I've seen lots of partial definitions of "True Polymorphism", for example here and here but nowhere have I been able to find a clear example of the difference with two concrete examples.
I understand that overloading the +
operator is some form of polymorphism and that it is implemented differently in Haskell and C++. Can someone show precisely what the difference is with examples in both languages?
The term you are looking for is "parametric polymorphism", which is different from "ad-hoc polymorphism".
An example of parametric polymorphism is in the type signature for Nothing
:
Nothing :: Maybe a
The a
in the type could be any conceivable type, since Nothing
inhabits all Maybe
s. We say that a
is parametrically polymorphic because it can be any type.
Now consider this type:
Just 1 :: (Num b) => Maybe b
This time the b
cannot be any type: it can only be a type that is an instance of Num
. We say that b
is ad-hoc polymorphic because it can be any member of a set of types, given by the instances of the Num
class.
So, to recap:
Parametric polymorphism: Can be any type
Ad-hoc polymorphism: Constrained by a type-class
There are three types of polymorphism you'll encounter frequently ( with C++ and Haskell examples ).
Parametric polymorphism in functional languages is a feature of type systems where the type of a function is an expression quantified over type variables. The input types constrain free parameters in signature which determines the output type. For example the map function takes a function as its first argument which determines the type of the input list and the output list.

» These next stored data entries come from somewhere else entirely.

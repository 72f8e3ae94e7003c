//! The calls of the system that files are read and put by.

ghost use Rattle.std.specs.Prelude.{[], ◌∷◌, List, None, Option, is_ok};
ghost use Rattle.std.specs.Fs.{permissions_mode};
ghost use Rattle.csdf_disk.specs.Contents.{content_text};
ghost use Rattle.csdf_disk.specs.SystemCalls.{Call, Called, Create, Follow, Link, Open, Permit, Remove, Rename, See, Write, text_of, unopened_as};

use crate::content::Content;
use csdf_bytes::{ToWriter, write_tokens};
use std::fs::{self, Metadata, Permissions};
use std::io::{self, ErrorKind, Read, Write};
use std::path::PathBuf;
use std::rt::Files;

/// The calls of the system on files, each as std has it.
pub(crate) trait System {
    /// A file that is open, to be read or to be written.
    type File: Read + Write + Drop;

    /// What was called so far and how it ended, in order, where that is known.
    ghost calls: { Self → Option (List Call) };

    /// What is told of the file at a path, or at the end of the links there.
    fn metadata(&mut self, path: &str) -> io::Result<Metadata>
        ensures { Called (calls self.old) (calls self.new) (Follow path.now result ∷ []) };

    /// What is told of what stands at a path, which may be a link.
    fn symlink_metadata(&mut self, path: &str) -> io::Result<Metadata>
        ensures { Called (calls self.old) (calls self.new) (See path.now result ∷ []) };

    /// The text of a link.
    fn read_link(&mut self, path: &str) -> io::Result<PathBuf>
        ensures { Called (calls self.old) (calls self.new) (Link path.now (text_of result) ∷ []) };

    /// Opens a file to be read.
    fn open(&mut self, path: &str) -> io::Result<Self::File>
        ensures { Called (calls self.old) (calls self.new) (Open path.now (unopened_as result) ∷ []) };

    /// Makes a file, or empties the one that is there, and opens it to be written.
    fn create(&mut self, path: &str) -> io::Result<Self::File>
        ensures { Called (calls self.old) (calls self.new) (Create path.now (is_ok result) ∷ []) };

    /// Makes a file, or empties the one that is there, and writes this content to it.
    fn write(&mut self, path: &str, content: Content<'_>) -> io::Result<()>
        ensures { Called (calls self.old) (calls self.new) (Write path.now (content_text content.entry) (is_ok result) ∷ []) };

    /// Gives a file permissions.
    fn set_permissions(&mut self, path: &str, permissions: Permissions) -> io::Result<()>
        ensures { Called (calls self.old) (calls self.new) (Permit path.now (permissions_mode permissions) (is_ok result) ∷ []) };

    /// Gives a file another path, in place of what stands there.
    fn rename(&mut self, from: &str, to: &str) -> io::Result<()>
        ensures { Called (calls self.old) (calls self.new) (Rename from.now to.now (is_ok result) ∷ []) };

    /// Takes a file away.
    fn remove_file(&mut self, path: &str) -> io::Result<()>
        ensures { Called (calls self.old) (calls self.new) (Remove path.now (is_ok result) ∷ []) };
}

/// The calls of std. What comes of them is not known to any contract: that each method is the call of its
/// name is by reading.
#[derive(Clone, Copy)]
pub(crate) struct HostSystem<'a, R>(pub(crate) &'a R);

impl<R: Files + AllocGlobal> System for HostSystem<'_, R> {
    type File = R::File;

    ghost calls = { λ _. None };

    fn metadata(&mut self, path: &str) -> io::Result<Metadata> {
        fs::metadata(self.0, path)
    }

    fn symlink_metadata(&mut self, path: &str) -> io::Result<Metadata> {
        fs::symlink_metadata(self.0, path)
    }

    fn read_link(&mut self, path: &str) -> io::Result<PathBuf> {
        fs::read_link(self.0, path)
    }

    fn open(&mut self, path: &str) -> io::Result<R::File> {
        fs::open(self.0, path)
    }

    fn create(&mut self, path: &str) -> io::Result<R::File> {
        fs::create(self.0, path)
    }

    fn write(&mut self, path: &str, content: Content<'_>) -> io::Result<()> {
        match content {
            Content::Bytes(bytes) => fs::write(self.0, path, bytes),
            Content::Tokens(tokens) => write_lines(fs::create(self.0, path)?, tokens),
        }
    }

    fn set_permissions(&mut self, path: &str, permissions: Permissions) -> io::Result<()> {
        fs::set_permissions(self.0, path, permissions)
    }

    fn rename(&mut self, from: &str, to: &str) -> io::Result<()> {
        fs::rename(self.0, from, to)
    }

    fn remove_file(&mut self, path: &str) -> io::Result<()> {
        fs::remove_file(self.0, path)
    }
}

/// Writes the text of tokens to a file.
fn write_lines<W: Write + Drop>(file: W, tokens: &[i32]) -> io::Result<()> {
    match write_tokens(&mut ToWriter::new(file), tokens) {
        Ok(()) => Ok(()),
        Err(_) => Err(io::Error::from(ErrorKind::Other)),
    }
}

map :: (a -> b) -> [a] -> [b]
In type theory parlance the signature is often written:
∀ a. ∀ b. (a -> b) -> [a] -> [b]
C++ can achieve the effects of parametric polymorphism through templates, but is in my opinion very brittle ( i.e. leads to vague compile errors ) and lacks the formalism found in found functional languages:
template <class T>
T add(T a, T b) {
return a+b;
}
Ad-hoc polymorphism is when functions with the same name act differently when "viewed" with different type signatures. In Haskell this is expressed with type classes. The type a
in signature for (+)
is bounded to types which implement the Num
type class.
(+) :: Num a => a -> a -> a
class Num a where
(+) :: a -> a -> a
instance Num Int where
(+) = plusInt
Subtype polymorphism. Not present in Haskell but other languages ( Scala, ML ) have subtype polymorphism. In object oriented languages this is usually a language feature where different object instances implement a method or property calls with the same name and are dispatched depending on the semantics of the object model. In C++ for example:
class Animal {
public:
virtual void speak() = 0;
};
class Cat : public Animal {
public:
void speak() {
printf("Meow");
}
};
class Dog : public Animal {
public:
void speak() {
printf("Woof");
}
};
The thing to remember about polymorphism is to separate the core idea from the implementation. For example, ad-hoc polymorphism is not the same as type-classes, it's just one expression of it.